THE TASK :: Each line of the data has to be written out again exactly as shown.
*** Block opens ***
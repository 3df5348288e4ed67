// Form 1 of the mesh file, read from a text into lent half-edge and position rows. The text is checked as a whole before
// anything is written: a file that is refused leaves the rows as they were.
#![tactic(auto)]

ghost use Rattle.std.specs.Prelude.{◌≡◌, ℕ, ◌*◌, ◌/◌, ◌<◌, ◌≤◌, List, length};
ghost use Rattle.digits.specs.Steps.{Got};
ghost use Rattle.digits.specs.Told.{value_got};
ghost use Rattle.rows.specs.Halfedges as H;
ghost use Rattle.rows.specs.Halfedges.{append_row};
ghost use Rattle.rows.specs.Triples.{put_triple};
ghost use Rattle.meshfile.specs.Steps.{count_step, position_step, halfedge_step, header_of, lines_of, taken, body_of, found};
ghost use Rattle.meshfile.specs.Told.{header_told, outline, passed_told, checked_told, Within, laid, reading, mesh_said, read_mesh};

use rows::halfedges::{self, Row};
use rows::triples::{self, Bits3};
use std::cmp;

// How many vertices and triangles a file has, or may have: of half-edges, three times as many.
#[derive(Clone, Copy)]
pub struct Size {
    pub vertices: usize,
    pub triangles: usize,
}

// Why a file is refused: it has more than it may have, or this is the first bad line.
#[derive(Clone, Copy)]
pub enum MeshError {
    TooLarge,
    BadLine(usize),
}

// The number of a bad line.
#[derive(Clone, Copy)]
struct BadLine(usize);

impl From<BadLine> for MeshError {
    ghost use Rattle.meshfile.specs.declared.MeshError.TheVariants as E;

    ghost from_gives = { λ line e. e ≡ E.BadLine line.0 };

    fn from(line: BadLine) -> MeshError {
        MeshError::BadLine(line.0)
    }
}

// A good file's size, and where its positions and its rows begin.
#[derive(Clone, Copy)]
struct Checked<'a> {
    size: Size,
    positions: &'a [u8],
    halfedges: &'a [u8],
}

const MOST_VERTICES: usize = 256;

const MOST_TRIANGLES: usize = 256;

// What stands on a line of its own and goes to a row of `width` numbers.
trait Record: Copy {
    type Cell: Copy;

    ghost width: { ℕ };

    ghost step: { List ℕ → Got Self };

    ghost put: { ℕ → Self → List Self.Cell → List Self.Cell };

    // Reads a line.
    fn read(rest: &[u8]) -> Option<(Self, &[u8])>
        ensures { value_got result ≡ step rest.now };

    // Puts the record behind the rows in use.
    fn append(self, rows: &mut [Self::Cell], used: usize)
        requires { used < length rows.old / width }
        ensures { rows.new ≡ put used self rows.old };
}

impl Record for Bits3 {
    type Cell = u64;

    ghost width = { 3 };

    ghost step = { position_step };

    ghost put = { put_triple };

    #[tactic(auto, unfolding(crate::specs::Steps::position_step))]
    fn read(rest: &[u8]) -> Option<(Bits3, &[u8])> {
        let rest = digits::word(rest, b"p=")?;
        let (x, rest) = digits::hex_then(rest, b',')?;
        let (y, rest) = digits::hex_then(rest, b',')?;
        let (z, rest) = digits::hex_then(rest, b'\n')?;
        Some((Bits3 { x, y, z }, rest))
    }

    fn append(self, rows: &mut [u64], used: usize) {
        triples::append_position(rows, used, self);
    }
}

impl Record for Row {
    type Cell = i32;

    ghost width = { H.width };

    ghost step = { halfedge_step };

    ghost put = { append_row };

    #[tactic(auto, unfolding(crate::specs::Steps::halfedge_step))]
    fn read(rest: &[u8]) -> Option<(Row, &[u8])> {
        let rest = digits::word(rest, b"h=")?;
        let (start, rest) = digits::number_then(rest, b',')?;
        let (end, rest) = digits::number_then(rest, b',')?;
        let (pair, rest) = digits::number_then(rest, b',')?;
        let (prop, rest) = digits::number_then(rest, b'\n')?;
        Some((
            Row {
                start,
                end,
                pair,
                prop,
            },
            rest,
        ))
    }

    fn append(self, rows: &mut [i32], used: usize) {
        halfedges::append(rows, used, self);
    }
}

// A word, a count and the end of the line.
#[tactic(auto, unfolding(crate::specs::Steps::count_step))]
fn count_line<'a>(rest: &'a [u8], word: &[u8]) -> Option<(usize, &'a [u8])>
    ensures { value_got result ≡ count_step word.now rest.now }
{
    digits::count_then(digits::word(rest, word)?, b'\n')
}

// The three first lines.
#[tactic(auto, unfolding(crate::specs::Steps::header_of))]
fn first_lines(text: &[u8]) -> Result<(Size, &[u8]), BadLine>
    ensures { header_told result ≡ header_of text.now }
{
    let rest = digits::word(text, b"form=1\n").ok_or(BadLine(1))?;
    let (vertices, rest) = count_line(rest, b"verts=").ok_or(BadLine(2))?;
    let (triangles, rest) = count_line(rest, b"tris=").ok_or(BadLine(3))?;
    Ok((
        Size {
            vertices,
            triangles,
        },
        rest,
    ))
}

// Passes n records, of which the first stands on `line`.
fn pass<R: Record>(rest: &[u8], n: usize, line: usize) -> Result<&[u8], BadLine>
    requires few { n ≤ 768 }
    requires near { line ≤ 1024 }
    ensures { passed_told result ≡ outline (lines_of R.step n line rest.now) }
{
    let mut rest = rest;
    for i in 0..n {
        let Some((_, next)) = R::read(rest) else {
            return Err(BadLine(line + i));
        };
        rest = next;
    }
    Ok(rest)
}

// Checks the positions and rows, and that nothing follows.
fn check_body(rest: &[u8], size: Size) -> Result<Checked<'_>, MeshError>
    requires vertices { size.vertices ≤ 256 }
    requires triangles { size.triangles ≤ 256 }
    ensures told { checked_told result ≡ body_of size.vertices size.triangles rest.now }
    ensures within { Within size result }
{
    let halfedges = pass::<Bits3>(rest, size.vertices, 4)?;
    let end = pass::<Row>(halfedges, 3 * size.triangles, 4 + size.vertices)?;
    if end.is_empty() {
        Ok(Checked {
            size,
            positions: rest,
            halfedges,
        })
    } else {
        Err(MeshError::BadLine(4 + size.vertices + 3 * size.triangles))
    }
}

// Checks a whole file.
fn check_file(text: &[u8], limits: Size) -> Result<Checked<'_>, MeshError>
    requires vertices { limits.vertices ≤ 256 }
    requires triangles { limits.triangles ≤ 256 }
    ensures told { checked_told result ≡ found limits text.now }
    ensures within { Within limits result }
{
    let (size, rest) = first_lines(text)?;
    if (limits.vertices < size.vertices) | (limits.triangles < size.triangles) {
        return Err(MeshError::TooLarge);
    }
    check_body(rest, size)
}

// Writes n records.
fn fill<R: Record>(rest: &[u8], n: usize, rows: &mut [R::Cell])
    requires { n ≤ length rows.old / R.width }
    ensures { rows.new ≡ laid R.put 0 (taken R.step n rest.now) rows.old }
{
    let mut rest = rest;
    for i in 0..n {
        let Some((record, next)) = R::read(rest) else {
            return;
        };
        record.append(rows, i);
        rest = next;
    }
}

// The entry read: a file's positions and rows go to the front of the lent arrays. At most 256 vertices and 768 half-edges, and
// no more than the arrays hold.
pub fn read(text: &[u8], halfedges: &mut [i32], positions: &mut [u64]) -> Result<Size, MeshError>
    ensures { reading (mesh_said result) halfedges.new positions.new ≡ read_mesh text.now halfedges.old positions.old }
{
    let limits = Size {
        vertices: cmp::min(MOST_VERTICES, triples::lent(positions)),
        triangles: cmp::min(MOST_TRIANGLES, halfedges::lent(halfedges) / 3),
    };
    let file = check_file(text, limits)?;
    fill::<Bits3>(file.positions, file.size.vertices, positions);
    fill::<Row>(file.halfedges, 3 * file.size.triangles, halfedges);
    Ok(file.size)
}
*** Block closes ***
TASK OUTPUT ::
repository 3df5348288e4ed67
// Form 1 of the mesh file, read from a text into lent half-edge and position rows. The text is checked as a whole before
// anything is written: a file that is refused leaves the rows as they were.
#![tactic(auto)]

ghost use Rattle.std.specs.Prelude.{◌≡◌, ℕ, ◌*◌, ◌/◌, ◌<◌, ◌≤◌, List, length};
ghost use Rattle.digits.specs.Steps.{Got};
ghost use Rattle.digits.specs.Told.{value_got};
ghost use Rattle.rows.specs.Halfedges as H;
ghost use Rattle.rows.specs.Halfedges.{append_row};
ghost use Rattle.rows.specs.Triples.{put_triple};
ghost use Rattle.meshfile.specs.Steps.{count_step, position_step, halfedge_step, header_of, lines_of, taken, body_of, found};
ghost use Rattle.meshfile.specs.Told.{header_told, outline, passed_told, checked_told, Within, laid, reading, mesh_said, read_mesh};

use rows::halfedges::{self, Row};
use rows::triples::{self, Bits3};
use std::cmp;

// How many vertices and triangles a file has, or may have: of half-edges, three times as many.
#[derive(Clone, Copy)]
pub struct Size {
    pub vertices: usize,
    pub triangles: usize,
}

// Why a file is refused: it has more than it may have, or this is the first bad line.
#[derive(Clone, Copy)]
pub enum MeshError {
    TooLarge,
    BadLine(usize),
}

// The number of a bad line.
#[derive(Clone, Copy)]
struct BadLine(usize);

impl From<BadLine> for MeshError {
    ghost use Rattle.meshfile.specs.declared.MeshError.TheVariants as E;

    ghost from_gives = { λ line e. e ≡ E.BadLine line.0 };

    fn from(line: BadLine) -> MeshError {
        MeshError::BadLine(line.0)
    }
}

// A good file's size, and where its positions and its rows begin.
#[derive(Clone, Copy)]
struct Checked<'a> {
    size: Size,
    positions: &'a [u8],
    halfedges: &'a [u8],
}

const MOST_VERTICES: usize = 256;

const MOST_TRIANGLES: usize = 256;

// What stands on a line of its own and goes to a row of `width` numbers.
trait Record: Copy {
    type Cell: Copy;

    ghost width: { ℕ };

    ghost step: { List ℕ → Got Self };

    ghost put: { ℕ → Self → List Self.Cell → List Self.Cell };

    // Reads a line.
    fn read(rest: &[u8]) -> Option<(Self, &[u8])>
        ensures { value_got result ≡ step rest.now };

    // Puts the record behind the rows in use.
    fn append(self, rows: &mut [Self::Cell], used: usize)
        requires { used < length rows.old / width }
        ensures { rows.new ≡ put used self rows.old };
}

impl Record for Bits3 {
    type Cell = u64;

    ghost width = { 3 };

    ghost step = { position_step };

    ghost put = { put_triple };

    #[tactic(auto, unfolding(crate::specs::Steps::position_step))]
    fn read(rest: &[u8]) -> Option<(Bits3, &[u8])> {
        let rest = digits::word(rest, b"p=")?;
        let (x, rest) = digits::hex_then(rest, b',')?;
        let (y, rest) = digits::hex_then(rest, b',')?;
        let (z, rest) = digits::hex_then(rest, b'\n')?;
        Some((Bits3 { x, y, z }, rest))
    }

    fn append(self, rows: &mut [u64], used: usize) {
        triples::append_position(rows, used, self);
    }
}

impl Record for Row {
    type Cell = i32;

    ghost width = { H.width };

    ghost step = { halfedge_step };

    ghost put = { append_row };

    #[tactic(auto, unfolding(crate::specs::Steps::halfedge_step))]
    fn read(rest: &[u8]) -> Option<(Row, &[u8])> {
        let rest = digits::word(rest, b"h=")?;
        let (start, rest) = digits::number_then(rest, b',')?;
        let (end, rest) = digits::number_then(rest, b',')?;
        let (pair, rest) = digits::number_then(rest, b',')?;
        let (prop, rest) = digits::number_then(rest, b'\n')?;
        Some((
            Row {
                start,
                end,
                pair,
                prop,
            },
            rest,
        ))
    }

    fn append(self, rows: &mut [i32], used: usize) {
        halfedges::append(rows, used, self);
    }
}

// A word, a count and the end of the line.
#[tactic(auto, unfolding(crate::specs::Steps::count_step))]
fn count_line<'a>(rest: &'a [u8], word: &[u8]) -> Option<(usize, &'a [u8])>
    ensures { value_got result ≡ count_step word.now rest.now }
{
    digits::count_then(digits::word(rest, word)?, b'\n')
}

// The three first lines.
#[tactic(auto, unfolding(crate::specs::Steps::header_of))]
fn first_lines(text: &[u8]) -> Result<(Size, &[u8]), BadLine>
    ensures { header_told result ≡ header_of text.now }
{
    let rest = digits::word(text, b"form=1\n").ok_or(BadLine(1))?;
    let (vertices, rest) = count_line(rest, b"verts=").ok_or(BadLine(2))?;
    let (triangles, rest) = count_line(rest, b"tris=").ok_or(BadLine(3))?;
    Ok((
        Size {
            vertices,
            triangles,
        },
        rest,
    ))
}

// Passes n records, of which the first stands on `line`.
fn pass<R: Record>(rest: &[u8], n: usize, line: usize) -> Result<&[u8], BadLine>
    requires few { n ≤ 768 }
    requires near { line ≤ 1024 }
    ensures { passed_told result ≡ outline (lines_of R.step n line rest.now) }
{
    let mut rest = rest;
    for i in 0..n {
        let Some((_, next)) = R::read(rest) else {
            return Err(BadLine(line + i));
        };
        rest = next;
    }
    Ok(rest)
}

// Checks the positions and rows, and that nothing follows.
fn check_body(rest: &[u8], size: Size) -> Result<Checked<'_>, MeshError>
    requires vertices { size.vertices ≤ 256 }
    requires triangles { size.triangles ≤ 256 }
    ensures told { checked_told result ≡ body_of size.vertices size.triangles rest.now }
    ensures within { Within size result }
{
    let halfedges = pass::<Bits3>(rest, size.vertices, 4)?;
    let end = pass::<Row>(halfedges, 3 * size.triangles, 4 + size.vertices)?;
    if end.is_empty() {
        Ok(Checked {
            size,
            positions: rest,
            halfedges,
        })
    } else {
        Err(MeshError::BadLine(4 + size.vertices + 3 * size.triangles))
    }
}

// Checks a whole file.
fn check_file(text: &[u8], limits: Size) -> Result<Checked<'_>, MeshError>
    requires vertices { limits.vertices ≤ 256 }
    requires triangles { limits.triangles ≤ 256 }
    ensures told { checked_told result ≡ found limits text.now }
    ensures within { Within limits result }
{
    let (size, rest) = first_lines(text)?;
    if (limits.vertices < size.vertices) | (limits.triangles < size.triangles) {
        return Err(MeshError::TooLarge);
    }
    check_body(rest, size)
}

// Writes n records.
fn fill<R: Record>(rest: &[u8], n: usize, rows: &mut [R::Cell])
    requires { n ≤ length rows.old / R.width }
    ensures { rows.new ≡ laid R.put 0 (taken R.step n rest.now) rows.old }
{
    let mut rest = rest;
    for i in 0..n {
        let Some((record, next)) = R::read(rest) else {
            return;
        };
        record.append(rows, i);
        rest = next;
    }
}

// The entry read: a file's positions and rows go to the front of the lent arrays. At most 256 vertices and 768 half-edges, and
// no more than the arrays hold.
pub fn read(text: &[u8], halfedges: &mut [i32], positions: &mut [u64]) -> Result<Size, MeshError>
    ensures { reading (mesh_said result) halfedges.new positions.new ≡ read_mesh text.now halfedges.old positions.old }
{
    let limits = Size {
        vertices: cmp::min(MOST_VERTICES, triples::lent(positions)),
        triangles: cmp::min(MOST_TRIANGLES, halfedges::lent(halfedges) / 3),
    };
    let file = check_file(text, limits)?;
    fill::<Bits3>(file.positions, file.size.vertices, positions);
    fill::<Row>(file.halfedges, 3 * file.size.triangles, halfedges);
    Ok(file.size)
}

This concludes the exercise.